Les décideurs africains se sont enfin rendus compte que la corruption ronge leur continent et lui «extorque» chaque année 50 milliards de dollars. Le chiffre a été rendu public lors du 30ème Sommet de l’Union africaine (UA) dont les travaux se sont achevés lundi à Addis-Abeba. Le fléau, tel une gangrène, a pris dans toutes les institutions, corporations, jusqu’au sein des groupes sociaux les plus vulnérables. Les exemples sont légion. L’on sait qu’en Algérie, les citoyens soudoient les agents de l’état civil dans les APC pour obtenir un simple extrait de naissance. Les personnels des collectivités locales se nourrissent de la corruption. Le fléau n’est ni nouveau ni limité. Il a évolué à une vitesse fulgurante dans des secteurs ou des domaines censés pourtant moraliser la société. La justice, l’école, l’enseignement supérieur, le sport, la santé…se fourvoient tous dans le dédale le plus sombre de pratiques les unes plus malsaines que les autres…Le mal est profond. En érigeant l’impunité en mode de gouvernance, le pouvoir a décrété en évidence la mise à mort des institutions avec en tête l’appareil judiciaire et ses démembrements. La déliquescence de l’Etat est de fait.

Beaucoup a été écrit, relaté, diffusé sur la corruption chez les Etats africains. Présidents, ministres, gouverneurs, hauts fonctionnaires, commissaires, policiers, gendarmes, aucun corps n’a été épargné. La corruption est pratiquement une seconde nature en Afrique.

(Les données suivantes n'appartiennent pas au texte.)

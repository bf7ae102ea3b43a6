//! One store in several files, for one thread.
//!
//! Each file is a whole store, a *shard*; all of them are a *set*. [`shard_of`] says which shard has a key. A [`StoreSet`] replies to
//! events as a store does: a put, a delete, a swap or a get goes to the shard of its key, and a flush to each shard. It is made of any
//! [`Answerer`](silt_event::Answerer)s, as stores, or layers that do background work in front of stores. A set is one map. After a
//! crash each shard has a beginning of the commands that it accepted, with all acknowledged ones; so has each key.
//!
//! A file says by its [`Mark`] which shard of which set it is. [`write_mark`] writes it behind `format`, and [`close_mark`] takes it
//! away. A mark does not matter to the store in the file. [`open_shards`] opens the files of a set, and refuses files that are not all of
//! it in their order ([`compare_marks`]); [`open_shards_beside`] opens them side by side, in threads. Its [`SetFault`] says which file is wrong, and why. [`check_unmarked`] refuses a shard where a
//! store of its own is due.
//!
//! The laws are promises about all sets: [`shard_runs_law`] and [`set_lives_law`] say what each shard does and what a crash keeps of it,
//! [`has_map_law`] and [`set_map_law`] that a set is one map, and its replies are those of that map.
#![tactic(auto)]

mod attempt;
mod fault;
mod laws;
mod mark;
mod shard_files;
mod shard_key;
mod store_set;

pub use fault::{MarkFault, SetCause, SetFault};
pub use laws::{
    has_map_law, joined_law, mark_law, mark_read_back_law, projection_law, set_lives_law,
    set_map_law, shard_runs_law,
};
pub use mark::{Mark, Marking, close_mark, read_mark, write_mark};
pub use shard_files::{check_unmarked, compare_marks, open_shards, open_shards_beside};
pub use shard_key::{LEAST_SHARDS, MOST_SHARDS, shard_of};
pub use store_set::{StoreSet, join, no_facts, plus};
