// Laws of sets and of marks, for the callers.
ghost use Rattle.silt_shards.specs.Marks.{FileMarkLaw, ReadBackLaw};
ghost use Rattle.silt_shards.specs.SetLaws.{JoinedLaw, ProjectionLaw};
ghost use Rattle.silt_shards.specs.Stores.{HasMapLaw, SetLivesLaw, SetMapLaw, ShardRunsLaw};

use silt_disk::Disk;
use silt_event::Answerer;

/// If a set does events with replies, each of its shards does exactly the events of its keys, and all flushes. Each of its own
/// replies is what the set replied; to a flush, it is a part of that.
pub fn projection_law<A: Answerer>()
    ensures { ProjectionLaw A.answers }
{}

/// If a flush of a set acknowledges commands, each shard acknowledged all of its own.
pub fn joined_law()
    ensures { JoinedLaw }
{}

/// Each set of stores is a map: that of each key's value in its own shard.
pub fn has_map_law<D: Disk>()
    ensures { HasMapLaw D }
{}

/// The replies of a set of stores are those of one map.
pub fn set_map_law<D: Disk>()
    ensures { SetMapLaw D.Disk }
{}

/// A run of a set of stores is a run of each shard's store over the shard's own events: its replies are those of a map, and a
/// crash keeps a first part of the commands that the shard has accepted, with each acknowledged one.
pub fn shard_runs_law<D: Disk>()
    ensures { ShardRunsLaw D.Disk }
{}

/// Over any lives of a set of stores, each from an opening to a crash: **for each shard, every answered get gives its key's
/// value in the map folded over what earlier lives kept and this life has accepted, and what a life keeps is a first part of
/// the shard's accepted commands that holds every acknowledged one**. A key has one shard, so this holds for each key.
pub fn set_lives_law<D: Disk>()
    ensures { SetLivesLaw D.Disk }
{}

/// A change of the bytes of a file's mark leaves its store what it is.
pub fn mark_law()
    ensures { FileMarkLaw }
{}

/// A mark reads back as it was written, if its commit byte is open.
pub fn mark_read_back_law()
    ensures { ReadBackLaw }
{}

La décision du dernier Sommet des chefs d’Etats africains de lutter contre est un fait nouveau. Mais l’on peine à croire qu’elle sera suivie d’effets, du moins dans le peu d’années à venir si des processus de changement radical ne sont pas enclenchés. L’instauration de nouveaux systèmes politiques, légitimes, crédibles, démocratiques et transparents devient ainsi impérative….

L’affaire Sarkozy-Kadhafi

Des transformations que les sociétés africaines devront entreprendre sur plusieurs générations…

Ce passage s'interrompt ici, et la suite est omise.